Once again, WFP index insurance provided a lifeline. In partnership with Green Delta Insurance, the scheme triggered payouts of US$ 32 during the 2020 monsoons – enough for Alfroza to buy food and rebuild her home. Encouraging research by the MRR Innovation Lab in Kenya has found that index-based livestock insurance (IBLI) can cut both the number of poor families and the cost of aid by half, by reducing the number of vulnerable families which fall into poverty.
However, insurance alone should not be seen as a long-term climate solution. “Insurance is efficient for low-frequency, high-impact shocks,” says Emily Coleman, Agricultural and Climate Risk Insurance Expert for the INSURED programme at IFAD. “But it must be connected to other instruments such as contingency funds or savings in order to manage more frequent shocks. Other risk reduction activities such as conservation agriculture are important for reducing overall exposure.”
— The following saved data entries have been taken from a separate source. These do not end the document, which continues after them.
// Checks of policies, and questions about them, that are made while memory is refused.
use crate::calls::checks::{InEnvironment, OfValidator, Question};
use crate::calls::types::{PARTIAL, PERMISSIVE, STRICT};

/// Checks of conditions, by the texts that they show.
pub const CHECKS: [(InEnvironment, &str); 4] = [
    (
        InEnvironment::First(STRICT),
        r#"
Typechecker::typecheck_by_single_request_env, one finding | Irrelevant | ONE
Typechecker::typecheck_by_single_request_env, many findings | Irrelevant | MANY
Typechecker::typecheck_by_single_request_env, a slot | Success | KNOWN
Typechecker::typecheck_by_single_request_env, names of no type | Irrelevant | NAMED
Typechecker::typecheck_by_single_request_env, an open if | Success | if context.is_public then principal.vip else resource.owner.vip
Typechecker::typecheck_by_single_request_env, a decided if | Success | if true then principal.vip else principal
Typechecker::typecheck_by_single_request_env, an if that is false | Success | if false then principal else principal.vip
Typechecker::typecheck_by_single_request_env, an if without a bound | Conditional | (if context.is_public then 1 else "a") == 1
Typechecker::typecheck_by_single_request_env, an if that guards | Success | (if principal has nick then principal.nick == "a" else principal has nick) && principal.nick == "a"
Typechecker::typecheck_by_single_request_env, and | Success | principal has nick && resource.owner.vip
Typechecker::typecheck_by_single_request_env, or | Success | (principal has nick || (principal has nick && principal.vip)) && principal.nick == "a"
Typechecker::typecheck_by_single_request_env, not | Success | !(!principal.vip)
Typechecker::typecheck_by_single_request_env, negation | Success | -principal.age == -(-2)
Typechecker::typecheck_by_single_request_env, is empty | UnexpectedType | principal.names.isEmpty() || 1.isEmpty()
Typechecker::typecheck_by_single_request_env, equality | Success | principal == resource.owner
Typechecker::typecheck_by_single_request_env, equality of literals | Success | User::"a" == Photo::"a" || action == Action::"view" || 1 == 2
Typechecker::typecheck_by_single_request_env, equality without a bound | Equality | principal.age == principal.names
Typechecker::typecheck_by_single_request_env, comparison | Success | principal.age < 2 || principal.age <= 3
Typechecker::typecheck_by_single_request_env, comparison of texts | UnexpectedType | principal.names < 1 || "a" <= "b"
Typechecker::typecheck_by_single_request_env, comparison of addresses | Success | principal.ip < principal.boss.ip
Typechecker::typecheck_by_single_request_env, arithmetic | Success | principal.age + 1 - 2 * principal.age == 4
Typechecker::typecheck_by_single_request_env, membership | Success | principal in [User::"a", User::"b"] || resource in Group::"a"
Typechecker::typecheck_by_single_request_env, membership of actions | Success | action in [Action::"all", Action::"view"]
Typechecker::typecheck_by_single_request_env, membership in what is unknown | Fail | principal in Nope::"a" || Action::"gone" in action
Typechecker::typecheck_by_single_request_env, membership in no set of entities | UnexpectedType | principal in [1]
Typechecker::typecheck_by_single_request_env, contains | Success | principal.names.contains("a") && principal.names.containsAll(["a"])
Typechecker::typecheck_by_single_request_env, contains any | Contains | principal.names.containsAny(["a", "b"]) || principal.names.contains(1)
Typechecker::typecheck_by_single_request_env, contains all without a bound | ContainsAnyAll | principal.names.containsAll([1])
Typechecker::typecheck_by_single_request_env, tags | Success | principal.hasTag("t") && principal.getTag("t").vip
Typechecker::typecheck_by_single_request_env, a tag without a guard | UnsafeTagAccess | principal.getTag("t").vip
Typechecker::typecheck_by_single_request_env, tags that are not declared | Irrelevant | resource.hasTag("t") && resource.getTag("t") == 1
Typechecker::typecheck_by_single_request_env, has | Success | principal has nick && principal.nick == "a"
Typechecker::typecheck_by_single_request_env, has of a record | Irrelevant | context has is_public && {a: 1} has b
Typechecker::typecheck_by_single_request_env, an access without a guard | UnsafeOptionalAttributeAccess | principal.nick == "a"
Typechecker::typecheck_by_single_request_env, an undeclared attribute | UnsafeAttributeAccess | principal.gone == 1
Typechecker::typecheck_by_single_request_env, a chain | Success | principal has boss.info.note && principal.boss.info.note == "a"
Typechecker::typecheck_by_single_request_env, a chain that ends | Irrelevant | principal has boss.gone.note
Typechecker::typecheck_by_single_request_env, a chain through a long | UnexpectedType | principal has age.gone
Typechecker::typecheck_by_single_request_env, like | Success | principal has nick && principal.nick like "a*"
Typechecker::typecheck_by_single_request_env, is | Success | principal is User && resource is Photo
Typechecker::typecheck_by_single_request_env, sets | Success | [principal.age, 2].contains(1)
Typechecker::typecheck_by_single_request_env, an empty set | EmptySetForbidden | [].contains(1)
Typechecker::typecheck_by_single_request_env, a set without a bound | IncompatibleTypes | [1, "a", true].contains(1)
Typechecker::typecheck_by_single_request_env, records | Success | {a: principal, b: {c: 1}} == {b: {c: 2}, a: resource.owner}
Typechecker::typecheck_by_single_request_env, a call | Success | ip("a") == principal.ip && principal.ip.isInRange(ip("b"))
Typechecker::typecheck_by_single_request_env, a call that its check refuses | FunctionArgumentValidation | ip("") == principal.ip
Typechecker::typecheck_by_single_request_env, a call without arguments | WrongNumberArguments | ip() == principal.ip
Typechecker::typecheck_by_single_request_env, a call of no literal | NonLitExtConstructor | ip(principal.boss.ip) == principal.ip
Typechecker::typecheck_by_single_request_env, a call of no function | UndefinedFunction | nope(1, "a") == principal.ip
Typechecker::typecheck_by_single_request_env, a call of another type | UnexpectedType | ip("a").isInRange(1)
Typechecker::typecheck_by_single_request_env, a variadic call | UnexpectedType | sum(1, principal.age, "a") == 2
Typechecker::typecheck_by_single_request_env, an unknown | Fail | unknown("u") == principal.ip
Typechecker::typecheck_by_single_request_env, a slot in a condition | UnsafeAttributeAccess | ?principal.vip
"#,
    ),
    (
        InEnvironment::First(PERMISSIVE),
        r#"
Typechecker::typecheck_by_single_request_env, united entities | Success | (if context.is_public then principal else resource) == principal.boss
Typechecker::typecheck_by_single_request_env, united records | Success | (if context.is_public then {a: 1, b: principal} else {a: 2, b: resource, c: 1}).b is User
Typechecker::typecheck_by_single_request_env, an attribute of several types | Success | (if context.is_public then resource else resource).owner.vip
Typechecker::typecheck_by_single_request_env, an attribute of one of two types | may_exist: true | (if context.is_public then principal else resource).owner.vip
Typechecker::typecheck_by_single_request_env, tags of several types | GetTag | (if context.is_public then principal else Group::"a").hasTag("t") && (if context.is_public then principal else Group::"a").getTag("t") == 1
"#,
    ),
    (
        InEnvironment::First(PARTIAL),
        "Typechecker::typecheck_by_single_request_env, what may be there | Fail | principal.nope == 1",
    ),
    (
        InEnvironment::Undeclared,
        r#"Typechecker::typecheck_by_single_request_env, undeclared actions | Success | principal.nope.nick == 1 && context.x && principal.hasTag("a") && principal in [resource] && action in Action::"view""#,
    ),
];

/// Questions about policies.
pub const POLICIES: [(OfValidator, &str); 9] = [
    (
        OfValidator::Shown(Question::Principals),
        "Validator::get_principals_satisfying_constraint | User | NAMED",
    ),
    (
        OfValidator::Shown(Question::Resources),
        "Validator::get_resources_satisfying_constraint | Color | KNOWN",
    ),
    (
        OfValidator::Shown(Question::Application),
        r#"
Validator::validate_template_action_application, that warns | InvalidActionApplication | NAMED
Validator::validate_template_action_application | Ok | KNOWN
"#,
    ),
    (
        OfValidator::Shown(Question::LinkedApplication),
        r#"
Validator::validate_linked_action_application, that warns | InvalidActionApplication | UNKNOWN
Validator::validate_linked_action_application | Ok | KNOWN
"#,
    ),
    (
        OfValidator::Shown(Question::Policy),
        r#"
Validator::validate_policy, of unknown names | InvalidActionApplication | NAMED
Validator::validate_policy, of many findings | ImpossiblePolicy | MANY
"#,
    ),
    (
        OfValidator::Level,
        r#"
Validator::validate_policy_with_level, of level errors | MaximumLevelExceeded | KNOWN
Validator::validate_policy_with_level, of many findings | ImpossiblePolicy | MANY
Validator::validate_policy_with_level, of a target | LiteralDereferenceTarget | permit(principal, action, resource) when { {a: User::"a", b: principal.boss}.a.vip };
"#,
    ),
    (
        OfValidator::Shown(Question::RequiredLevel),
        r#"
Validator::required_level, with a slot | level: 1 | KNOWN
Validator::required_level, of a chain of attributes | level: 2 | permit(principal, action, resource) when { resource has owner.vip };
Validator::required_level, where none is enough | None | permit(principal, action, resource) when { User::"a".vip };
Validator::required_level, of a record | level: 2 | permit(principal, action, resource) when { {a: resource.owner, b: principal.boss}.a.vip };
Validator::required_level, of a conditional | level: 2 | permit(principal, action, resource) when { (if context.is_public then principal else principal.boss).vip };
Validator::required_level, of a tag | level: 2 | permit(principal, action, resource) when { principal.hasTag("t") && principal.getTag("t").vip };
"#,
    ),
    (
        OfValidator::Survey,
        r#"
Validator::survey, with a slot | level: 1 | KNOWN
Validator::survey, of many findings | UnexpectedType | MANY
Validator::survey, of an error in some environments | count: | permit(principal, action, resource) when { resource.owner.vip == 1 };
"#,
    ),
    (
        OfValidator::SurveyedLevel,
        r#"
Survey::level_errors, of level errors | MaximumLevelExceeded | KNOWN
Survey::level_errors, of a target | LiteralDereferenceTarget | permit(principal, action, resource) when { {a: User::"a", b: principal.boss}.a.vip };
"#,
    ),
];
Wherever they live, smallholder farmers face complex challenges. According to Juna Shrestha, Executive Director at ClimateRe, production is the most discussed and also addressed problem. “Most of the development and agriculture interventions are related to it [production]. But markets are difficult – in Nepal, for example, smallholders face price dumping, lack of liquidity, and production costs are higher than revenue. Socio-cultural and structural problems such as land fragmentation and labour shortage are also a major problem,” she says.
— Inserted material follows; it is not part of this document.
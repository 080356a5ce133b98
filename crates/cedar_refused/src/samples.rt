// Values on which the calls are made.
pub mod findings;
pub mod texts;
When families don’t have the capacity to absorb a shock, they often resort to costly coping mechanisms which simply push them further into long-term poverty, such as reducing meals, shedding assets or removing children from school. “These desperate measures can lead to food insecurity and loss of livelihood, and pass the burden of poverty [on] to the next generation,” says Tara Chiu, Associate Director of the MRR Innovation Lab. “Even before a shock occurs, families cope by allowing potentially profitable but costly opportunities to pass by, knowing the dire consequences if – likely, when – disaster strikes.”
As if these challenges weren’t enough, climate change – as last December’s Expert Forum highlighted – is also bad for your health. “Insurers can help by developing solutions such as parametric insurance – not just for extreme weather events but for pandemics – which guarantee fast automatic payouts,” said Dr Astrid Zwick, Head of Secretariat at the InsuResilience Global Partnership. Migration from rural to urban areas – exacerbated by unpredictable weather patterns, drought and decreasing crop yields – is already helping the spread of diseases such as malaria, dengue fever and zika virus.
For smallholder farmers in climate-vulnerable countries, insurance can help but it is by no means the complete solution. “Agricultural insurance is generally used to protect against crop, livestock, forestry or aquaculture losses,” says Mathieu Dubreuil. “But it should only be used to cover residual risks that cannot be managed in other ways. Agricultural insurance works best when it is integrated with other agricultural risk management approaches.”